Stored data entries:
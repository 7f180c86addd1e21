//! Syntax trees: what the grammar reads, without its brackets and annotations.

use crate::pieces::{BasicSort, Junction, Link, Number, Operation, Quantifier, Relation, Span};
use sqlite_items::{Boxed, Items};

/// A lower word, or a quoted one with its quotes.
#[derive(Clone, Copy)]
pub enum Word {
    /// A lower word.
    Lower(Span),
    /// A quoted word.
    Quoted(Span),
}

/// A sort: a word, `$i`, `$int`, or `$o`.
#[derive(Clone, Copy)]
pub enum Sort {
    /// A word that a declaration makes a sort.
    Word(Word),
    /// `$i` or `$int`
    Basic(BasicSort),
    /// `$o`, which is no sort of an argument or a variable.
    Truth,
}

/// The type that a declaration gives a word.
#[derive(Drop)]
pub enum DeclaredType {
    /// `$tType`: the word is a sort.
    OfTypes,
    /// The sorts of the arguments, none for a constant, and that of the result.
    Function(Items<Sort>, Sort),
}

/// What stands in front of arguments.
#[derive(Clone, Copy)]
pub enum Head {
    /// A word.
    Word(Word),
    /// An arithmetic word, and where it stands.
    Operation(Operation, Span),
}

/// A term, or an atom that has the form of one.
#[derive(Drop)]
pub enum Term {
    /// A variable, by the place of its name.
    Variable(Span),
    /// A numeral.
    Numeral(Number),
    /// A head with its arguments, none where no bracket follows it.
    Apply(Head, Items<Term>),
}

/// A variable that a quantifier binds, and its sort where one is written.
#[derive(Clone, Copy)]
pub struct Variable {
    /// The place of its name.
    pub name: Span,
    /// Its sort, where one is written.
    pub sort: Option<Sort>,
}

/// A formula.
#[derive(Drop)]
pub enum Formula {
    /// `$true` or `$false`
    Constant(bool),
    /// A term that stands as a formula.
    Atom(Term),
    /// Two terms with `=` or `!=` between them, in the order of the text.
    Relation(Relation, Term, Term),
    /// What `~` denies.
    Not(Boxed<Formula>),
    /// The variables that a quantifier binds, and what it binds them in.
    Quantified(Quantifier, Items<Variable>, Boxed<Formula>),
    /// Two formulas with a sign between them, in the order of the text.
    Linked(Link, Boxed<Formula>, Boxed<Formula>),
    /// Two or more formulas with the same sign between them.
    Joined(Junction, Items<Formula>),
}

/// What a statement says, by its role.
#[derive(Drop)]
pub enum Content {
    /// The role `type`: a word and its type.
    Declaration(Word, DeclaredType),
    /// The role of a premise, as `axiom`.
    Premise(Formula),
    /// The role `conjecture`.
    Conjecture(Formula),
}

/// A statement: the place of its name, and what it says.
#[derive(Drop)]
pub struct Statement {
    /// The place of its name.
    pub name: Span,
    /// What it says.
    pub content: Content,
}
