//! Reads terms.
ghost use Rattle.std.specs.Prelude.{◌≡◌, ◌+◌, ◌<◌, ◌≤◌, [], ◌∷◌, length, IfOk, IfErr};
ghost use Rattle.tff_grammar.specs.declared.trees.Term.TheVariants as the_terms;
ghost use Rattle.tff_grammar.specs.Machine.{term_head, head_value, term_value, Reads, Stops};
ghost use Rattle.tff_grammar.specs.Machine as m;

use crate::cursor::{MAX_LEVELS, Pieces, copied, deeper, next, syntax};
use crate::faults::Stop;
use crate::lists::{add, exact};
use crate::pieces::{Piece, Sign};
use crate::trees::{Head, Term, Word};
use sqlite_items::Items;
use std::alloc::Global;

/// The head of a term that a token is.
fn term_head(piece: Piece) -> Option<Head>
    ensures { result ≡ term_head piece }
{
    match piece {
        Piece::Lower(_, span) => Some(Head::Word(Word::Lower(span))),
        Piece::Quoted(span) => Some(Head::Word(Word::Quoted(span))),
        Piece::Operation(operation, span) => Some(Head::Operation(operation, span)),
        _ => None,
    }
}

#[cycle(term)]
pub(crate) fn term<'a>(
    alloc: Global,
    pieces: &Pieces<'a>,
    level: usize,
) -> Result<(Term, Pieces<'a>), Stop>
    requires { level ≤ MAX_LEVELS }
    ensures ok { IfOk result (λ (t, rest). Reads (m.term ∷ []) [] [] (term_value t ∷ []) level pieces.now rest) }
    ensures rest { IfOk result (λ (t, rest). length rest < length pieces.now) }
    ensures err { IfErr result (Stops (m.term ∷ []) [] level pieces.now) }
{
    match next(pieces) {
        Some((Piece::Upper(span), rest)) => Ok((Term::Variable(span), rest)),
        Some((Piece::Numeral(number), rest)) => Ok((Term::Numeral(number), rest)),
        Some((piece, rest)) => match term_head(piece) {
            Some(head) => arguments(alloc, head, &rest, level),
            None => Err(syntax(pieces, level)),
        },
        None => Err(syntax(pieces, level)),
    }
}

/// The term of a head and what stands behind it.
#[cycle(term)]
fn arguments<'a>(
    alloc: Global,
    head: Head,
    pieces: &Pieces<'a>,
    level: usize,
) -> Result<(Term, Pieces<'a>), Stop>
    requires { level ≤ MAX_LEVELS }
    ensures ok { IfOk result
        (λ (t, rest). Reads (m.arguments ∷ []) (head_value head [] ∷ []) [] (term_value t ∷ []) level pieces.now rest) }
    ensures rest { IfOk result (λ (t, rest). length rest ≤ length pieces.now) }
    ensures err { IfErr result (Stops (m.arguments ∷ []) (head_value head [] ∷ []) level pieces.now) }
{
    match next(pieces) {
        Some((Piece::Sign(Sign::OpenRound), after)) => {
            deeper(pieces, level)?;
            let (arguments, rest) = terms(alloc, head, &after, level)?;
            Ok((Term::Apply(head, arguments), rest))
        }
        _ => Ok((Term::Apply(head, Items::new(alloc)), copied(pieces))),
    }
}

/// The arguments of a head up to the bracket that closes them, in a bracket above `level` levels.
#[cycle(term)]
fn terms<'a>(
    alloc: Global,
    head: Head,
    pieces: &Pieces<'a>,
    level: usize,
) -> Result<(Items<Term>, Pieces<'a>), Stop>
    requires { level < MAX_LEVELS }
    ensures ok { IfOk result
        (λ (ts, rest). Reads (m.term ∷ m.more_terms ∷ []) (head_value head [] ∷ []) []
        (term_value (the_terms.Apply head ts) ∷ []) level pieces.now rest) }
    ensures rest { IfOk result (λ (ts, rest). length rest ≤ length pieces.now) }
    ensures err { IfErr result (Stops (m.term ∷ m.more_terms ∷ []) (head_value head [] ∷ []) level pieces.now) }
{
    let mut terms = Vec::new(alloc);
    let mut rest = copied(pieces);
    loop {
        let (term, behind) = term(alloc, &rest, level + 1)?;
        add(&mut terms, term)?;
        match next(&behind) {
            Some((Piece::Sign(Sign::Comma), after)) => rest = after,
            Some((Piece::Sign(Sign::CloseRound), after)) => return Ok((exact(terms), after)),
            _ => return Err(syntax(&behind, level + 1)),
        }
    }
}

> What to produce
Show me every line of the entries above that holds "Operation".

> Output of the task
use crate::pieces::{BasicSort, Junction, Link, Number, Operation, Quantifier, Relation, Span};
    Operation(Operation, Span),
        Piece::Operation(operation, span) => Some(Head::Operation(operation, span)),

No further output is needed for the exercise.